Le gouvernement du Labour ne s’est pas beaucoup interrogé sur sa défaite. Beaucoup ont évoqué des manipulations de l’information par le camp du « non » qui, il est vrai, n’a pas toujours fait dans la dentelle, agitant par exemple l’abolition des droits de propriété existants. Que le vote ait été pollué par des campagnes de désinformation est indéniable – nos démocraties doivent s’y habituer – mais les choses sont évidemment plus complexes. Comprendre les causes du refus permet de s’interroger sur les difficultés à dépasser les stigmates du colonialisme, ce qui va au-delà du cas australien.

La défaite fut d’abord tactique. Tout référendum est l’opportunité de polariser et l’opposition liberal (conservatrice) ne s’en est pas privée. C’est sans doute la première leçon. Sur des sujets de ce type, par nature inflammables, qui touchent à la mémoire ou à l’histoire de la Nation le travail politique doit être fait en amont. La proposition de référendum doit être bipartisane et le vote populaire servir d’onction à des réformes qui font consensus. Beaucoup ont aussi fait remarquer que la Constitution n’était pas faite pour réparer des traumatismes mais pour faire fonctionner les Institutions. En refusant de fixer les règles de fonctionnement de l’organe consultatif (renvoyées au législateur), le gouvernement a par ailleurs entretenu le flou et offert la formule gagnante au camp du « non » : « if you don’t know, vote no ».

Le fond de l’affaire semble davantage être que les Australiens ont rejeté une proposition bancale. Le projet donnait à la Voix la possibilité de faire des recommandations sur les sujets concernant les communautés aborigènes– c’est-à-dire, dans les faits, tous les sujets soumis au législateur. Chacun a vite compris que ses avis seraient difficiles à ignorer et que, s’ils n’étaient pas légalement contraignants, ils seraient profondément influents. S’est ajouté une méfiance face à ce qui est apparu comme une rupture du principe d’égalité à laquelle les partisans du « oui » n'ont apporté aucune réponse satisfaisante : pourquoi un droit spécial pour une partie de la population et pas une autre ?

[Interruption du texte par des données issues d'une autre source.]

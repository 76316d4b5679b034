// A job compiled: weights, component, splits, table, data, window, with refusals "3, 4, 5, 6" in this order.
ghost use Rattle.std.specs.Prelude.{◌≡◌, ℕ, ◌≤◌, ◌<◌, IfOk, get_or, take};
ghost use Rattle.compile_weights.specs.PowerTable.{tabled, Powers};
ghost use Rattle.record.specs.Checks.{outcome_in};
ghost use Rattle.compile_component.specs.ComponentParts.{FoundIn};
ghost use Rattle.compile.specs.Compile.{ways, graph_of, weights_of, compile};
ghost use Rattle.compile_job.specs.JobValues.{job_in, JobReady};
ghost use Rattle.window_least.specs.Windowed.{Whole};
ghost use Rattle.compile.specs.Stages.{Begun};

use answer::Refusal;
use compile_component::component_graph::{ComponentAnswer, find_component};
use compile_graph::Graph;
use compile_job::JobValue;
use compile_labels::relabel;
use compile_limits::weigh;
use compile_split::split_graph::split_all;
use compile_table::finish_table::finish_table;
use compile_weights::state_weights::state_weights;
use table::Table;
use table::chains::ways;
use window_least::with_window;

// The weights of a job: those that it brings, or the greatest.
pub fn weights_of(j: JobValue, power: &[u8; 4096], words: usize, n: usize) -> [usize; 16]
    requires { JobReady j × Powers power.now words j.constraint.states
        × (tabled power.now words j.constraint.states ≡ graph_of (job_in j)) × (n ≡ ways (job_in j)) }
    ensures answer { (take j.constraint.states result ≡ weights_of (job_in j))
        × ((s : ℕ) → s < j.constraint.states → get_or result s 0 ≤ 16) }
{
    if j.brings {
        let weight = j.weight;
        return weight;
    }
    state_weights(power, words, j.constraint.states, n, j.cap)
}

// The component of a job, with n ways out of each state to come.
fn component_of(j: JobValue, n: usize) -> ComponentAnswer
    requires { JobReady j × (n ≡ ways (job_in j)) }
    ensures answer { FoundIn (weights_of (job_in j)) (graph_of (job_in j)) result }
{
    let power = j.constraint.power_codes(j.q);
    let words = bits::power(j.q);
    let k = j.constraint.states;
    let v = weights_of(j, &power, words, n);
    find_component(&power, words, k, v)
}

// The component split to the end, and its table with the least window: refusals 5 and 6.
fn split_and_window(j: JobValue, n: usize, g: Graph, start: usize) -> Result<Table, Refusal>
    requires { JobReady j × Begun (job_in j) n g start }
    ensures answer { outcome_in result ≡ compile (job_in j) }
    ensures kept { IfOk result (λ t. Whole t) }
{
    let Some(h) = split_all(g, n) else {
        return Err(Refusal::TooManyEdges);
    };
    let rows = relabel(finish_table(h, n), n);
    let constraint = j.constraint;
    let word = rows.word;
    let next = rows.next;
    with_window(Table {
        p: j.p,
        q: j.q,
        states: rows.states,
        memory: 0,
        lookahead: 0,
        constraint,
        start,
        tail: 0,
        word,
        next,
    })
}

// The component of a job. Compiling it is a call of its own, so that what the two need of the stack is not added up.
pub fn begin(j: JobValue) -> ComponentAnswer
    requires { JobReady j }
    ensures answer { FoundIn (weights_of (job_in j)) (graph_of (job_in j)) result }
{
    component_of(j, ways(j.p))
}

// The table of a job with its component, or the refusal: 3, 4, 5, 6.
pub fn compile(j: JobValue, found: ComponentAnswer) -> Result<Table, Refusal>
    requires { JobReady j × FoundIn (weights_of (job_in j)) (graph_of (job_in j)) found }
    ensures answer { outcome_in result ≡ compile (job_in j) }
    ensures kept { IfOk result (λ t. Whole t) }
{
    weigh(found.total, found.graph.is_none())?;
    split_and_window(j, ways(j.p), found.graph.unwrap(), found.start)
}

Ces défauts auraient-ils pu être dépassés avec davantage de confiance ? Peut-être, mais ce référendum perdu a montré qu’elle n’existait pas. Les Australiens font de sincères efforts pour comprendre et intégrer la cosmologie aborigène mais ils doivent constater que la place que celle-ci donne à nature, au temps ou à la propriété est orthogonale à la culture dominante, essentiellement productiviste. Personne ne sait comment gérer cette contradiction et beaucoup ont pris peur à l’idée qu’elle se loge au cœur du Parlement, institution sacrée de la démocratie australienne.  

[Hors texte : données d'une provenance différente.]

// From bytes to bytes: a job compiled to its record.
ghost use Rattle.std.specs.Prelude.{◌≡◌, length};
ghost use Rattle.answer.specs.Outcomes.{answer_of, output_of};
ghost use Rattle.compile.specs.Compile.{compile_into, compile_job, compile_run_length, compile_joined};
ghost use Rattle.compile_job.specs.JobValues.{job_in, JobReady};

use crate::compiling::{begin, compile};
use answer::Refusal;
use compile_job::JobValue;
use compile_job::reading::{read_job, read_joined, read_run_length};
use record_write::write;

// The record of a job in the output.
fn compile_into(j: JobValue, out: &mut [u8]) -> Result<usize, Refusal>
    requires { JobReady j }
    ensures answer { result ≡ answer_of (compile_into (length out.old) (job_in j)) }
    ensures written { out.new ≡ output_of (compile_into (length out.old) (job_in j)) out.old }
{
    write(compile(j, begin(j))?, out)
}

// The record of the job that bytes hold, in the output: "8 below four bytes, 1, K by 2, 8, next states by 2, 3, 4, 5,
// 6, 13".
pub fn compile_job(job: &[u8], out: &mut [u8]) -> Result<usize, Refusal>
    ensures answer { result ≡ answer_of (compile_job job.now (length out.old)) }
    ensures written { out.new ≡ output_of (compile_job job.now (length out.old)) out.old }
{
    compile_into(read_job(job)?, out)
}

// The record of the run-length job that bytes hold, in the output: "8, 1, 2, then from 3 on".
pub fn compile_run_length(job: &[u8], out: &mut [u8]) -> Result<usize, Refusal>
    ensures answer { result ≡ answer_of (compile_run_length job.now (length out.old)) }
    ensures written { out.new
        ≡ output_of (compile_run_length job.now (length out.old)) out.old }
{
    compile_into(read_run_length(job)?, out)
}

// The record of the job with two constraints that bytes hold, in the output: "8 below four bytes, 1, then for each
// constraint 8 for a missing K, K by 2, 8, next states by 2", 14, "3, 4, 5, 6, 13".
pub fn compile_joined(job: &[u8], out: &mut [u8]) -> Result<usize, Refusal>
    ensures answer { result ≡ answer_of (compile_joined job.now (length out.old)) }
    ensures written { out.new
        ≡ output_of (compile_joined job.now (length out.old)) out.old }
{
    compile_into(read_joined(job)?, out)
}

La leçon plus générale que l’on peut tirer du cas australien est que ces questions ne sont pas exemptes de rapport de force. La bonne volonté et la reconnaissance symbolique sont une chose, la rupture d’égalité ou des réparations substantielles en sont une autre. Les Australiens ont rejeté ce qu’ils ont perçu comme une disproportion entre la faute et la réparation pour décrire le dilemme en termes moraux, ce qui est évidemment une simplification. C’est pourtant bien ce dilemme qui attend quiconque s’engage sur le chemin de la réconciliation et du dépassement des stigmates du colonialisme.